### PROBLEM DETAILS
Beginning with the line below that contains "impl Duplicate for TargetFile" and ending with the line that contains "impl Duplicate for DelegatedRole", copy every line exactly. Copy nothing else.
════
// The kind of a document, and the version of the specification that it follows.
ghost use Rattle.std.specs.Prelude.{◌≡◌, option_map, not, ◌==◌, bytes_eq};
ghost use Rattle.serde_json.specs.View.{view};
ghost use Rattle.sigstore_tuf_parts.specs.Header.{header_of, kind_of, spec_version_of, is_version_one_text};

use crate::role::Role;
use serde_json::Value;
use sigstore_tuf_text::{Error, Rule};

/// The document is of that kind, and of version 1 of the specification; members that are missing or
/// no texts are left to the reader of members. Errors: `Malformed`.
#[tactic(auto, unfolding(crate::specs::Header::header_of))]
pub(crate) fn check_header<T: Role>(value: &Value) -> Result<(), Error>
    ensures { result ≡ header_of T.kind (view value.now) }
{
    check_kind(value, T::kind())?;
    check_spec_version(value)
}

#[tactic(auto, unfolding(crate::specs::Header::kind_of))]
fn check_kind(value: &Value, kind: &str) -> Result<(), Error>
    ensures { result ≡ kind_of kind.now (view value.now) }
{
    match value.get("_type").and_then(Value::as_str) {
        Some(found) => if found == kind {
            Ok(())
        } else {
            Err(Error::Malformed(Rule::Kind))
        },
        None => Ok(()),
    }
}

#[tactic(auto, unfolding(crate::specs::Header::spec_version_of))]
fn check_spec_version(value: &Value) -> Result<(), Error>
    ensures { result ≡ spec_version_of (view value.now) }
{
    match value.get("spec_version").and_then(Value::as_str) {
        Some(version) => if is_version_one(version) {
            Ok(())
        } else {
            Err(Error::Malformed(Rule::SpecVersion))
        },
        None => Ok(()),
    }
}

// What stands before the first dot is 1.
#[tactic(auto, unfolding(crate::specs::Header::is_version_one_text))]
fn is_version_one(version: &str) -> bool
    ensures { result ≡ is_version_one_text version.now }
{
    match version.split_once('.') {
        Some((major, _)) => major == "1",
        None => version == "1",
    }
}
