// The targets document, and the roles that it delegates to.
ghost use Rattle.std.specs.Prelude.{◌≡◌};
ghost use Rattle.std.specs.Option.{option_copied};
ghost use Rattle.sigstore_types_parts.specs.Entries.{at_name};
ghost use Rattle.sigstore_tuf_parts.specs.Targets.{target_file_of, grant_of, delegated_role_of, delegations_of, targets_of};

use crate::head::Head;
use crate::keys::Key;
use crate::role::Role;
use foundation::{Duplicate, NoMemory, Sequence};
use serde_json::Value;
use sigstore_tuf_text::{DocumentMember, Error, others};
use sigstore_types_parts::{FromValue, Json, Text, TextMap, defaulted, optional, required};
use std::alloc::Global;

/// The length and the digests of a target.
#[derive(PartialEq, Drop)]
pub struct TargetFile {
    pub length: u64,
    pub hashes: TextMap<Text>,
    pub custom: Option<Json>,
    pub extra: TextMap<Json>,
}

/// A role that targets are delegated to.
#[derive(PartialEq, Drop)]
pub struct DelegatedRole {
    pub name: Text,
    pub keyids: Sequence<Text>,
    pub threshold: u64,
    pub terminating: bool,
    pub paths: Option<Sequence<Text>>,
    pub path_hash_prefixes: Option<Sequence<Text>>,
    pub extra: TextMap<Json>,
}

/// The roles that targets are delegated to, in their order, and the keys that sign for them.
#[derive(PartialEq, Drop)]
pub struct Delegations {
    pub keys: TextMap<Key>,
    pub roles: Sequence<DelegatedRole>,
    pub extra: TextMap<Json>,
}

/// The content of a targets document.
#[derive(PartialEq, Drop)]
pub struct Targets {
    pub type_: Text,
    pub spec_version: Text,
    pub version: u64,
    pub expires: jiff::Timestamp,
    pub targets: TextMap<TargetFile>,
    pub delegations: Option<Delegations>,
    pub extra: TextMap<Json>,
}

impl FromValue<Error> for TargetFile {
    ghost reads = { target_file_of };

    #[tactic(auto, unfolding(crate::specs::Targets::target_file_of))]
    fn from_value(alloc: Global, value: &Value) -> Result<TargetFile, Error> {
        Ok(TargetFile {
            length: required(alloc, value, DocumentMember::Length)?,
            hashes: required(alloc, value, DocumentMember::Hashes)?,
            custom: optional(alloc, value, DocumentMember::Custom)?,
            extra: others(
                alloc,
                value,
                &[
                    DocumentMember::Length,
                    DocumentMember::Hashes,
                    DocumentMember::Custom,
                ],
            )?,
        })
    }
}

impl Duplicate for TargetFile {
    fn duplicate(&self, alloc: Global) -> Result<TargetFile, NoMemory> {
        Ok(TargetFile {
            length: self.length,
            hashes: self.hashes.duplicate(alloc)?,
            custom: self.custom.duplicate(alloc)?,
            extra: self.extra.duplicate(alloc)?,
        })
    }
}

impl Duplicate for DelegatedRole {
    fn duplicate(&self, alloc: Global) -> Result<DelegatedRole, NoMemory> {
        Ok(DelegatedRole {
            name: self.name.duplicate(alloc)?,
            keyids: self.keyids.duplicate(alloc)?,
            threshold: self.threshold,
            terminating: self.terminating,
            paths: self.paths.duplicate(alloc)?,
            path_hash_prefixes: self.path_hash_prefixes.duplicate(alloc)?,
            extra: self.extra.duplicate(alloc)?,
        })
    }
}

impl Duplicate for Delegations {
    fn duplicate(&self, alloc: Global) -> Result<Delegations, NoMemory> {
        Ok(Delegations {
            keys: self.keys.duplicate(alloc)?,
            roles: self.roles.duplicate(alloc)?,
            extra: self.extra.duplicate(alloc)?,
        })
    }
}

// The name of a role, and what is asked of its documents.
#[derive(Drop)]
struct Grant {
    name: Text,
    keyids: Sequence<Text>,
    threshold: u64,
}

impl FromValue<Error> for Grant {
    ghost reads = { grant_of };

    #[tactic(auto, unfolding(crate::specs::Targets::grant_of))]
    fn from_value(alloc: Global, value: &Value) -> Result<Grant, Error> {
        Ok(Grant {
            name: required(alloc, value, DocumentMember::Name)?,
            keyids: required(alloc, value, DocumentMember::Keyids)?,
            threshold: required(alloc, value, DocumentMember::Threshold)?,
        })
    }
}

const DELEGATED_ROLE_MEMBERS: [DocumentMember; 6] = [
    DocumentMember::Name,
    DocumentMember::Keyids,
    DocumentMember::Threshold,
    DocumentMember::Terminating,
    DocumentMember::Paths,
    DocumentMember::PathHashPrefixes,
];

impl FromValue<Error> for DelegatedRole {
    ghost reads = { delegated_role_of };

    #[tactic(auto, unfolding(crate::specs::Targets::delegated_role_of))]
    fn from_value(alloc: Global, value: &Value) -> Result<DelegatedRole, Error> {
        let Grant {
            name,
            keyids,
            threshold,
        } = Grant::from_value(alloc, value)?;
        let terminating = defaulted(alloc, value, DocumentMember::Terminating, false)?;
        let paths: Option<Sequence<Text>> = optional(alloc, value, DocumentMember::Paths)?;
        let path_hash_prefixes: Option<Sequence<Text>> = match optional(
            alloc,
            value,
            DocumentMember::PathHashPrefixes,
        ) {
            Ok(prefixes) => prefixes,
            Err(e) => {
                drop(paths);
                return Err(e);
            }
        };
        match others(alloc, value, &DELEGATED_ROLE_MEMBERS) {
            Ok(extra) => Ok(DelegatedRole {
                name,
                keyids,
                threshold,
                terminating,
                paths,
                path_hash_prefixes,
                extra,
            }),
            Err(NoMemory) => {
                drop(paths);
                drop(path_hash_prefixes);
                Err(Error::NoMemory)
            }
        }
    }
}

impl FromValue<Error> for Delegations {
    ghost reads = { delegations_of };

    #[tactic(auto, unfolding(crate::specs::Targets::delegations_of))]
    fn from_value(alloc: Global, value: &Value) -> Result<Delegations, Error> {
        let keys: TextMap<Key> = required(alloc, value, DocumentMember::Keys)?;
        let roles: Sequence<DelegatedRole> = match defaulted(
            alloc,
            value,
            DocumentMember::Roles,
            Sequence::new(alloc),
        ) {
            Ok(roles) => roles,
            Err(e) => {
                drop(keys);
                return Err(e);
            }
        };
        match others(alloc, value, &[DocumentMember::Keys, DocumentMember::Roles]) {
            Ok(extra) => Ok(Delegations { keys, roles, extra }),
            Err(NoMemory) => {
                drop(keys);
                drop(roles);
                Err(Error::NoMemory)
            }
        }
    }
}

impl Duplicate for Targets {
    fn duplicate(&self, alloc: Global) -> Result<Targets, NoMemory> {
        let Head {
            type_,
            spec_version,
            version,
            expires,
        } = Head::copied(
            alloc,
            &self.type_,
            &self.spec_version,
            self.version,
            self.expires,
        )?;
        Ok(Targets {
            type_,
            spec_version,
            version,
            expires,
            targets: self.targets.duplicate(alloc)?,
            delegations: self.delegations.duplicate(alloc)?,
            extra: self.extra.duplicate(alloc)?,
        })
    }
}

const TARGETS_MEMBERS: [DocumentMember; 6] = [
    DocumentMember::Type,
    DocumentMember::SpecVersion,
    DocumentMember::Version,
    DocumentMember::Expires,
    DocumentMember::Targets,
    DocumentMember::Delegations,
];

impl FromValue<Error> for Targets {
    ghost reads = { targets_of };

    #[tactic(auto, unfolding(crate::specs::Targets::targets_of))]
    fn from_value(alloc: Global, value: &Value) -> Result<Targets, Error> {
        let Head {
            type_,
            spec_version,
            version,
            expires,
        } = Head::from_value(alloc, value)?;
        let targets: TextMap<TargetFile> = required(alloc, value, DocumentMember::Targets)?;
        let delegations: Option<Delegations> = match optional(
            alloc,
            value,
            DocumentMember::Delegations,
        ) {
            Ok(delegations) => delegations,
            Err(e) => {
                drop(targets);
                return Err(e);
            }
        };
        match others(alloc, value, &TARGETS_MEMBERS) {
            Ok(extra) => Ok(Targets {
                type_,
                spec_version,
                version,
                expires,
                targets,
                delegations,
                extra,
            }),
            Err(NoMemory) => {
                drop(targets);
                drop(delegations);
                Err(Error::NoMemory)
            }
        }
    }
}

impl Targets {
    /// The target of that path.
    pub fn target(&self, path: &str) -> Option<&TargetFile>
        ensures { option_copied result ≡ at_name path.now self.now.targets }
    {
        self.targets.get(path)
    }
}

impl Role for Targets {
    ghost use Rattle.std.specs.Prelude.{codes};

    ghost kind = { codes "targets" };

    ghost version_in = { λ d. d.version };

    ghost expires_in = { λ d. d.expires };

    fn kind() -> &'static str {
        "targets"
    }

    fn version(&self) -> u64 {
        self.version
    }

    fn expires(&self) -> jiff::Timestamp {
        self.expires
    }
}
════
### TASK ANSWER
impl Duplicate for TargetFile {
    fn duplicate(&self, alloc: Global) -> Result<TargetFile, NoMemory> {
        Ok(TargetFile {
            length: self.length,
            hashes: self.hashes.duplicate(alloc)?,
            custom: self.custom.duplicate(alloc)?,
            extra: self.extra.duplicate(alloc)?,
        })
    }
}

impl Duplicate for DelegatedRole {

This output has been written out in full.